1. Using multiple microphones: Each person has two ears, our brain processes the input from both the ears at same time and focuses on particular piece of conversation in the audio filtering out the noise and other conversation in the audio. By using more than one microphone, a new technique called beam forming can be employed to achieve higher hearing accuracy. In case of a delay and sum beam former, the microphones are aligned to compensate for the timing delays introduced by the different paths taken by the sound waves to reach microphones. The signals from multiple microphones are combined to remove noise. And a whole lot of DSP techniques used to filter out unwanted signals.

2. Enhancing the quality of analog front-end: In case of far field voice recognition, the sensitivity of microphone preamplifier should be good enough to amplify the signal so that no signature or pattern is lost. The band width and frequency response of the amplifiers should be in such a way that no low-frequency or high frequency of the voice signal is lost and maintains the same gain across the bandwidth. Most important is, how well amplifier and other front end analog circuits keep-out different type of noises. The preprocessing of audio before the DSP involves adaptive spectral noise reduction, multiple source selection and dynamic range control .

3. There are requirement of circuits which can determine whether the signal is human speech. The circuit need to eliminate microphone signal generated from breathing air, fan air and also music. It is a combination of analog and digital filters to eliminate set of frequencies.

4. Wake word engine: most of the circuits and systems need to be in sleep mode when no action is required. But when an action is required, it need to be woken up from sleep by making it sensible to a particular word or words. In that case, the wake word engine is required where it monitors the microphone output for a particular electrical signature for those word or words. Cloud-based wake word verification is most popular now, but an off-line wake word engine is also worth and more reliable when network is not available. Leading cloud service providers and also some open source programming environments provide easy options to integrate wake word feature in voice recognition systems.

5. DSP and the readily available algorithms: DSP is very central to speech recognition. Digital signal processing of continuous stream of data to identify speech presence and then once the speech is detected, it is to be stored. A set of processing algorithms compare stored speech in the buffer memory with the database.
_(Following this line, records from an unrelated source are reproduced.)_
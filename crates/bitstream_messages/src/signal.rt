//! A signal of a known or another kind.
//!
//! Made by `./format` from formats/signal.fields: edit that file and make this one anew.
ghost use Rattle.bitstream_messages.specs.Signal.{signal_decoder, signal_writes, signal_size, signal_bits, Fits, reply_number, reply_read, reply_writes, tail_number, tail_read, tail_writes};
ghost use Rattle.bitstream_messages.specs.declared.signal.Signal.{Signal};
ghost use Rattle.std.specs.Prelude.{◌≡◌, ◌<◌, ◌≤◌, ◌*◌, ◌++◌, ℕ, Bool, List, Ok, Err, length, IfOk, IsOk};
ghost use Rattle.std.specs.declared.io.ErrorKind.TheVariants.{WriteZero};
ghost use Rattle.bitstream_io.specs.Callers.{Done, Error, Order, High, bits, write_sequence, Reads, WritesAll, AllAccepted, sequence_length, sure_answer, Stream, same_error, plain_reads};
ghost use Rattle.bitstream_io.specs.SliceMut.{HoldsFirst, written_bytes};

use crate::ack::Ack;
use bitstream_io::{
    BE, BitRead, BitReadExt, BitReader, BitWrite, BitWriteExt, Bits, Error, FromBitStream,
    SliceMut, ToBitStream, pack_into,
};

/// A signal of a known or another kind.
///
/// ```text
///  0                   1                   2                   3
///  0 1 2 3 4 5 6 7 8 9 0 1 2 3 4 5 6 7 8 9 0 1 2 3 4 5 6 7 8 9 0 1
/// +-+-+-+-+-+-+-+-+-+-+-+-+-+-+-+-+
/// |    body_tag   |t|    level    |
/// +-+-+-+-+-+-+-+-+-+-+-+-+-+-+-+-+-+-+-+-+-+-+-+-+-+-+-+-+-+-+-+-+
/// /                   body (Ack, Stop or Other)                   /
/// +-+-+-+-+-+-+-+-+-+-+-+-+-+-+-+-+-+-+-+-+-+-+-+-+-+-+-+-+-+-+-+-+
/// /                     tail (Nothing or Late)                    /
/// +-+-+-+-+-+-+-+-+-+-+-+-+-+-+-+-+-+-+-+-+-+-+-+-+-+-+-+-+-+-+-+-+
/// ```
#[derive(Clone, Copy, Debug, PartialEq)]
pub struct Signal {
    /// The level. Below 2^7.
    pub level: u8,
    /// The body.
    pub body: Reply,
    /// The acknowledgement of an earlier packet, if there is one.
    pub tail: Tail,
}

/// The body.
#[derive(Clone, Copy, Debug, PartialEq)]
pub enum Reply {
    /// The case for the number 1.
    Ack(Ack),
    /// The case for the number 7.
    Stop,
    /// Any other number, with nothing after it.
    Other(u8),
}

impl Reply {
    /// Returns the number of the case.
    pub fn number(&self) -> u8
        ensures { result ≡ reply_number self.now }
    {
        match self {
            Reply::Ack(_) => 1,
            Reply::Stop => 7,
            Reply::Other(it) => *it,
        }
    }

    /// Reads what follows the number of a case.
    ///
    /// # Errors
    ///
    /// The reader's errors, after which it has failed.
    pub fn read<R: BitRead>(reader: &mut R, number: u8) -> Result<Reply, Error>
        ensures { Reads R.source (reply_read R.source.order number) reader.old result reader.new }
    {
        if number == 1 {
            return Ok(Reply::Ack(Ack::read(reader)?));
        }
        if number == 7 {
            return Ok(Reply::Stop);
        }
        Ok(Reply::Other(number))
    }

    /// Writes what follows the number of the case.
    ///
    /// # Errors
    ///
    /// `Checked` for a field that does not fit its bits. The fields before it have been written.
    /// Otherwise the sink's errors.
    pub fn write<W: BitWrite>(&self, writer: &mut W) -> Result<(), Error>
        ensures { WritesAll W.sink (reply_writes W.sink.order self.now) writer.old result writer.new }
    {
        match self {
            Reply::Ack(it) => it.write(writer),
            Reply::Stop => Ok(()),
            Reply::Other(_) => Ok(()),
        }
    }
}

/// The acknowledgement of an earlier packet, if there is one.
#[derive(Clone, Copy, Debug, PartialEq)]
pub enum Tail {
    /// The case for the number 0.
    Nothing,
    /// The case for the number 1.
    Late(Ack),
}

impl Tail {
    /// Returns the number of the case.
    pub fn number(&self) -> u8
        ensures { result ≡ tail_number self.now }
    {
        match self {
            Tail::Nothing => 0,
            Tail::Late(_) => 1,
        }
    }

    /// Reads what follows the number of a case.
    ///
    /// # Errors
    ///
    /// The reader's errors, after which it has failed.
    pub fn read<R: BitRead>(reader: &mut R, number: u8) -> Result<Tail, Error>
        ensures { Reads R.source (tail_read R.source.order number) reader.old result reader.new }
    {
        if number == 0 {
            return Ok(Tail::Nothing);
        }
        Ok(Tail::Late(Ack::read(reader)?))
    }

    /// Writes what follows the number of the case.
    ///
    /// # Errors
    ///
    /// `Checked` for a field that does not fit its bits. The fields before it have been written.
    /// Otherwise the sink's errors.
    pub fn write<W: BitWrite>(&self, writer: &mut W) -> Result<(), Error>
        ensures { WritesAll W.sink (tail_writes W.sink.order self.now) writer.old result writer.new }
    {
        match self {
            Tail::Nothing => Ok(()),
            Tail::Late(it) => it.write(writer),
        }
    }
}

impl Signal {
    /// Reads the fields in order.
    ///
    /// # Errors
    ///
    /// The reader's errors, after which it has failed.
    pub fn read<R: BitRead>(reader: &mut R) -> Result<Signal, Error>
        ensures { Reads R.source (signal_decoder R.source.order) reader.old result reader.new }
    {
        let body_tag = reader.read::<Bits<8>, u8>()?;
        let tail_tag = reader.read::<Bits<1>, u8>()?;
        let level = reader.read::<Bits<7>, u8>()?;
        let body = Reply::read(reader, body_tag)?;
        let tail = Tail::read(reader, tail_tag)?;
        Ok(Signal { level, body, tail })
    }

    /// Parses the value at the start of `packet`.
    ///
    /// # Errors
    ///
    /// `EndOfInput` if the bytes end before the fields do.
    pub fn parse(packet: &[u8]) -> Result<Signal, Error>
        ensures answer { result ≡ sure_answer ((signal_decoder High).reads 0 (bits High packet.now)) }
        ensures back { (value : Signal) (more : List Bool) → Fits value
            → bits High packet.now ≡ write_sequence (signal_writes High value) 0 ++ more → result ≡ Ok value }
    {
        signal_round_trip();
        Signal::read(&mut BitReader::<_, BE>::over(packet))
    }

    /// Writes the fields in order.
    ///
    /// # Errors
    ///
    /// `Checked` for a field that does not fit its bits. The fields before it have been written.
    /// Otherwise the sink's errors.
    pub fn write<W: BitWrite>(&self, writer: &mut W) -> Result<(), Error>
        ensures { WritesAll W.sink (signal_writes W.sink.order self.now) writer.old result writer.new }
    {
        writer.write::<Bits<8>, u8>(self.body.number())?;
        writer.write::<Bits<1>, u8>(self.tail.number())?;
        writer.write::<Bits<7>, u8>(self.level)?;
        self.body.write(writer)?;
        self.tail.write(writer)?;
        Ok(())
    }

    /// Writes the fields to the first bytes of a buffer, and returns what was written. The other bytes
    /// stay as they were. Does not allocate.
    ///
    /// # Errors
    ///
    /// `Checked` for the first field that does not fit its bits, however long the buffer is.
    /// `Stream(WriteZero)` if all fields fit, and the buffer is too short for the bits.
    /// After an error, the first bytes of the buffer may have changed.
    pub fn pack_into<'a>(&self, buffer: &'a mut [u8]) -> Result<SliceMut<'a>, Error>
        ensures packed { IfOk result (λ packed. bits High (written_bytes packed) ≡ signal_bits self.now) }
        ensures first { IfOk result (HoldsFirst buffer.entry.ghost_name buffer.old) }
        ensures accepted { IsOk result → AllAccepted (signal_writes High self.now) 0 }
        ensures misfit { (error : Error) → sequence_length (signal_writes High self.now) 0 ≡ Err error
            → result ≡ Err error }
        ensures room { Fits self.now → signal_size High self.now ≤ 8 * length buffer.old
            → IsOk result }
        ensures short { Fits self.now → 8 * length buffer.old < signal_size High self.now
            → result ≡ Err (Stream WriteZero) }
    {
        pack_into::<BE, Signal>(self, buffer)
    }
}

impl FromBitStream for Signal {
    type Error = Error;

    ghost becomes = { same_error };

    ghost reads = { λ o. plain_reads (signal_decoder o) };

    fn from_reader<R: BitRead>(reader: &mut R) -> Result<Signal, Error> {
        Signal::read(reader)
    }
}

impl ToBitStream for Signal {
    type Error = Error;

    ghost becomes = { same_error };

    ghost writes = { signal_writes };

    fn to_writer<W: BitWrite>(&self, writer: &mut W) -> Result<(), Error> {
        self.write(writer)
    }
}

/// A value that fits its bits is read back as it was written, in either order of bits, at any place.
/// The read takes only the bits that were written: `signal_size` is their number.
pub fn signal_round_trip()
    ensures back { (o : Order) (value : Signal) (at from : ℕ) (more : List Bool) → Fits value
        → let written = write_sequence (signal_writes o value) at in
        (signal_decoder o).reads from (written ++ more) ≡ Done (length written) (Ok value) }
    ensures size { (o : Order) (value : Signal) (at : ℕ) → Fits value
        → length (write_sequence (signal_writes o value) at) ≡ signal_size o value }
{}
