//! Video usability information, with the parameters of hypothetical decoders (annex E).

use super::H264Error;
use crate::element::{Index, Syntax};
use crate::nal::{read_signal, read_ue};
use bitstream_io::{BE, Error};

/// Reads video usability information.
pub(super) fn read_vui(syntax: &mut Syntax<'_, '_, '_, BE>) -> Result<(), H264Error> {
    read_signal(syntax)?;
    if syntax.flag("timing_info_present_flag")? {
        syntax.number("num_units_in_tick", 32)?;
        syntax.number("time_scale", 32)?;
        syntax.flag("fixed_frame_rate_flag")?;
    }
    let nal = syntax.flag("nal_hrd_parameters_present_flag")?;
    if nal {
        read_hrd(syntax)?;
    }
    let vcl = syntax.flag("vcl_hrd_parameters_present_flag")?;
    if vcl {
        read_hrd(syntax)?;
    }
    if nal || vcl {
        syntax.flag("low_delay_hrd_flag")?;
    }
    syntax.flag("pic_struct_present_flag")?;
    if syntax.flag("bitstream_restriction_flag")? {
        read_restriction(syntax)?;
    }
    Ok(())
}

/// Reads the parameters of a hypothetical decoder.
fn read_hrd(syntax: &mut Syntax<'_, '_, '_, BE>) -> Result<(), H264Error> {
    let count = read_ue(syntax, "cpb_cnt_minus1")?;
    syntax.number("bit_rate_scale", 4)?;
    syntax.number("cpb_size_scale", 4)?;
    if count > 31 {
        return Err(H264Error::TooManySchedules);
    }
    for at in 0..count + 1 {
        syntax.index = Some(Index::One(at));
        read_ue(syntax, "bit_rate_value_minus1")?;
        read_ue(syntax, "cpb_size_value_minus1")?;
        syntax.flag("cbr_flag")?;
    }
    syntax.index = None;
    syntax.number("initial_cpb_removal_delay_length_minus1", 5)?;
    syntax.number("cpb_removal_delay_length_minus1", 5)?;
    syntax.number("dpb_output_delay_length_minus1", 5)?;
    syntax.number("time_offset_length", 5)?;
    Ok(())
}

/// Reads the restrictions of a stream.
fn read_restriction(syntax: &mut Syntax<'_, '_, '_, BE>) -> Result<(), Error> {
    syntax.flag("motion_vectors_over_pic_boundaries_flag")?;
    read_ue(syntax, "max_bytes_per_pic_denom")?;
    read_ue(syntax, "max_bits_per_mb_denom")?;
    read_ue(syntax, "log2_max_mv_length_horizontal")?;
    read_ue(syntax, "log2_max_mv_length_vertical")?;
    read_ue(syntax, "max_num_reorder_frames")?;
    read_ue(syntax, "max_dec_frame_buffering")?;
    Ok(())
}
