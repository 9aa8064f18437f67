//! The weights of the pictures that predict a slice (section 7.3.3.2).

use crate::element::{Index, Syntax};
use crate::nal::{read_se, read_ue};
use bitstream_io::{BE, Error};

/// The names of the elements of a list of pictures.
#[derive(Clone, Copy)]
struct Names {
    luma_flag: &'static str,
    luma_weight: &'static str,
    luma_offset: &'static str,
    chroma_flag: &'static str,
    chroma_weight: &'static str,
    chroma_offset: &'static str,
}

/// The names of the first list.
const FIRST: Names = Names {
    luma_flag: "luma_weight_l0_flag",
    luma_weight: "luma_weight_l0",
    luma_offset: "luma_offset_l0",
    chroma_flag: "chroma_weight_l0_flag",
    chroma_weight: "chroma_weight_l0",
    chroma_offset: "chroma_offset_l0",
};

/// The names of the second list.
const SECOND: Names = Names {
    luma_flag: "luma_weight_l1_flag",
    luma_weight: "luma_weight_l1",
    luma_offset: "luma_offset_l1",
    chroma_flag: "chroma_weight_l1_flag",
    chroma_weight: "chroma_weight_l1",
    chroma_offset: "chroma_offset_l1",
};

/// Reads the weights of one list or of both. `last` has the index of the last picture of each list.
pub(super) fn read_weights(
    syntax: &mut Syntax<'_, '_, '_, BE>,
    has_chroma: bool,
    last: [u32; 2],
    is_both: bool,
) -> Result<(), Error> {
    read_ue(syntax, "luma_log2_weight_denom")?;
    if has_chroma {
        read_ue(syntax, "chroma_log2_weight_denom")?;
    }
    read_list(syntax, &FIRST, has_chroma, last[0])?;
    if is_both {
        read_list(syntax, &SECOND, has_chroma, last[1])?;
    }
    Ok(())
}

/// Reads the weights of a list of pictures. `last` is the index of its last picture.
fn read_list(
    syntax: &mut Syntax<'_, '_, '_, BE>,
    names: &Names,
    has_chroma: bool,
    last: u32,
) -> Result<(), Error> {
    for at in 0..=last {
        syntax.index = Some(Index::One(at));
        if syntax.flag(names.luma_flag)? {
            read_se(syntax, names.luma_weight)?;
            read_se(syntax, names.luma_offset)?;
        }
        if has_chroma && syntax.flag(names.chroma_flag)? {
            for part in 0..2 {
                syntax.index = Some(Index::Two(at, part));
                read_se(syntax, names.chroma_weight)?;
                read_se(syntax, names.chroma_offset)?;
            }
        }
    }
    syntax.index = None;
    Ok(())
}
Leading DSP chip and IP vendors provide ready to use algorithms and the code to quickly implement voice recognition. Algorithms are required to identify spikes in the audio channel, continuous repetitive noise, a sneeze from the speaker or a loud noise, so that they don’t pass through the speech detection algorithm.
The trend now is to use customized silicon with artificial intelligence capabilities to process voice in a more natural way. AI voice processing chips also process faster and consume less power. A little bit of analog computing with neural network like computing makes these systems work much like humans.

6. Voice biometric: It is your latest signature or a password. As we know everyone has a unique voice whose amplitude versus time representation and frequency energy representations looks much like hand written signature where no two persons can have same one. For this to be effective, voice recognition need to be done in very detailed manner where there is no scope for cheating. This is another area which is already working in banking and financial interactions and fast expanding to other areas. In terms of market growth voice biometrics is quite a hot area.